Your task =>
Please copy out every line of the listing below in which the word "Table" appears.

Task data =>
-------------------------

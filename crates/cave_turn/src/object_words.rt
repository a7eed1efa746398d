ghost use Rattle.std.specs.Prelude.{◌≡◌, ◌==◌, ◌∷◌, []};
ghost use Rattle.std.specs.List.{list_any};
ghost use Rattle.turn_scene.specs.Props as defined;
ghost use Rattle.turn_scene.specs.Scene.{cave_of, scene_of};
ghost use Rattle.cave_words.specs.declared.named.Named.TheVariants as name;
ghost use Rattle.cave_verbs.specs.declared.verb.Verb.TheVariants as verb_is;
ghost use Rattle.turn_scene.specs.Rows.{all_hold, deed, PlaysBy};
ghost use Rattle.turn_scene.specs.Tests.{the, either, both, near, is_here, other_prop};
ghost use Rattle.turn_scene.specs.Tests.{in_bottle, in_lake};
ghost use Rattle.cave_turn.specs.ObjectWords.{object, word_names, is_knife_at, is_knife_here};
ghost use Rattle.cave_turn.specs.ObjectWords.{is_verb_of, by_verb, alone, object_word};

use cave_verbs::Verb;
use cave_words::Named;
use cave_world::{Knife, Motion, RowNotes, Table};
use turn_scene::props::PLANT_SMALL;
use turn_scene::{
    Rules, Scene, has_other_prop, is_carried, is_dwarf_here, is_liquid, is_near, lake, liquid, rows,
};
use world_objects::{Object, Place};

/// What a word that names an object says.
#[derive(Clone, Copy, Debug, PartialEq, Eq)]
pub enum ObjectWord {
    /// An object that a verb can be done to.
    Is(Object),
    /// The player travels by a motion.
    Leads(u16),
    /// The knives of the dwarves, which vanished.
    Knives,
    /// The player sees no such object.
    Unseen,
}

/// An object whose word was read.
#[derive(Clone, Copy, Debug, PartialEq, Eq)]
pub struct NamedObject {
    pub object: Object,
    /// The number of the action that was said before.
    pub verb: Option<u16>,
    /// Whether no word follows.
    pub is_alone: bool,
}

/// Whether a number is that of a verb.
pub fn is_verb_of(verb: Verb, number: Option<u16>) -> bool
    ensures { result ≡ is_verb_of verb number }
{
    match number {
        Some(number) => number == verb.number(),
        None => false,
    }
}

fn is_knife_at(here: Place, knife: Knife) -> bool
    ensures { result ≡ is_knife_at here knife }
{
    match knife {
        Knife::At(place) => place == here,
        Knife::Unthrown | Knife::Vanished => false,
    }
}

/// Whether an object is the liquid in a bottle at hand, or that of the lake.
fn is_liquid_here<N: RowNotes>(rules: &Rules<'_>, about: &NamedObject, scene: &Scene<'_, N>) -> bool
    ensures { result ≡ either (both (in_bottle object) (near (the name.Bottle))) (in_lake object)
        (deed (cave_of rules.now) about.now (scene_of N.rows scene.now)) }
{
    (is_liquid(about.object, liquid(rules, scene.state))
        && is_near(rules, scene.state, rules.thing(Named::Bottle)))
        || is_liquid(about.object, lake(rules, scene.state))
}

/// Whether the name of the plant means the plant that grew.
fn is_grown_plant<N: RowNotes>(rules: &Rules<'_>, about: &NamedObject, scene: &Scene<'_, N>) -> bool
    ensures { result ≡ all_hold (word_names name.Plant ∷ is_here (the name.SecondPlant)
        ∷ other_prop (the name.SecondPlant) defined.PLANT_SMALL ∷ [])
        (deed (cave_of rules.now) about.now (scene_of N.rows scene.now)) }
{
    let grown = rules.thing(Named::SecondPlant);
    rules.is(about.object, Named::Plant)
        && (scene.state.at(grown) && has_other_prop(scene.state, grown, PLANT_SMALL))
}

fn is_knife_here<N: RowNotes>(rules: &Rules<'_>, about: &NamedObject, scene: &Scene<'_, N>) -> bool
    ensures { result ≡ all_hold (word_names name.Knife ∷ is_knife_here ∷ [])
        (deed (cave_of rules.now) about.now (scene_of N.rows scene.now)) }
{
    rules.is(about.object, Named::Knife)
        && is_knife_at(scene.state.trail.here, scene.state.dwarves.knife)
}

/// A player can ask for what isn't here.
fn is_sought<N: RowNotes>(rules: &Rules<'_>, about: &NamedObject, scene: &Scene<'_, N>) -> bool
    ensures { result ≡ all_hold
        (either (by_verb verb_is.Find) (by_verb verb_is.Inventory) ∷ alone ∷ [])
        (deed (cave_of rules.now) about.now (scene_of N.rows scene.now)) }
{
    (is_verb_of(Verb::Find, about.verb) || is_verb_of(Verb::Inventory, about.verb))
        && about.is_alone
}

/// Whether a place is on the way to the grate: before the building, in the valley or at the slit.
/// No role names these, since no other rule asks for them.
fn is_before_grate(here: Place) -> bool
    ensures { result ≡ list_any (λ place. here == place) (1 ∷ 4 ∷ 7 ∷ []) }
{
    matches!(here.number(), 1 | 4 | 7)
}

/// What the word of an object says.
#[tactic(auto, unfolding(crate::specs::ObjectWords::object_word))]
pub fn object_word<N: RowNotes>(
    rules: &Rules<'_>,
    about: &NamedObject,
    scene: &mut Scene<'_, N>,
) -> ObjectWord
    ensures row { PlaysBy N.rows object_word 0 rules.now about.now scene.old scene.new result }
{
    let x = about.object;
    let here = scene.state.trail.here.number();
    let is_grate = rules.is(x, Named::Grate);
    rows! { scene, Table::ObjectWord, ObjectWord::Is(x);
        scene.state.at(x) || is_carried(rules, scene.state, x) => {};
        is_grate && is_before_grate(scene.state.trail.here)
            => {} -> ObjectWord::Leads(Motion::Depression.number());
        is_grate && (10 <= here && here <= 14)
            => {} -> ObjectWord::Leads(Motion::Entrance.number());
        rules.is(x, Named::Dwarf) && is_dwarf_here(scene.state) => {};
        is_liquid_here(rules, about, scene) => {};
        is_grown_plant(rules, about, scene)
            => {} -> ObjectWord::Is(rules.thing(Named::SecondPlant));
        is_knife_here(rules, about, scene) => {} -> ObjectWord::Knives;
        let second_rod = rules.thing(Named::SecondRod);
        rules.is(x, Named::Rod) && is_near(rules, scene.state, second_rod)
            => {} -> ObjectWord::Is(second_rod);
        is_sought(rules, about, scene) => {};
        otherwise => {} -> ObjectWord::Unseen;
    }
}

-------------------------

Output of the task =>
use cave_world::{Knife, Motion, RowNotes, Table};
    rows! { scene, Table::ObjectWord, ObjectWord::Is(x);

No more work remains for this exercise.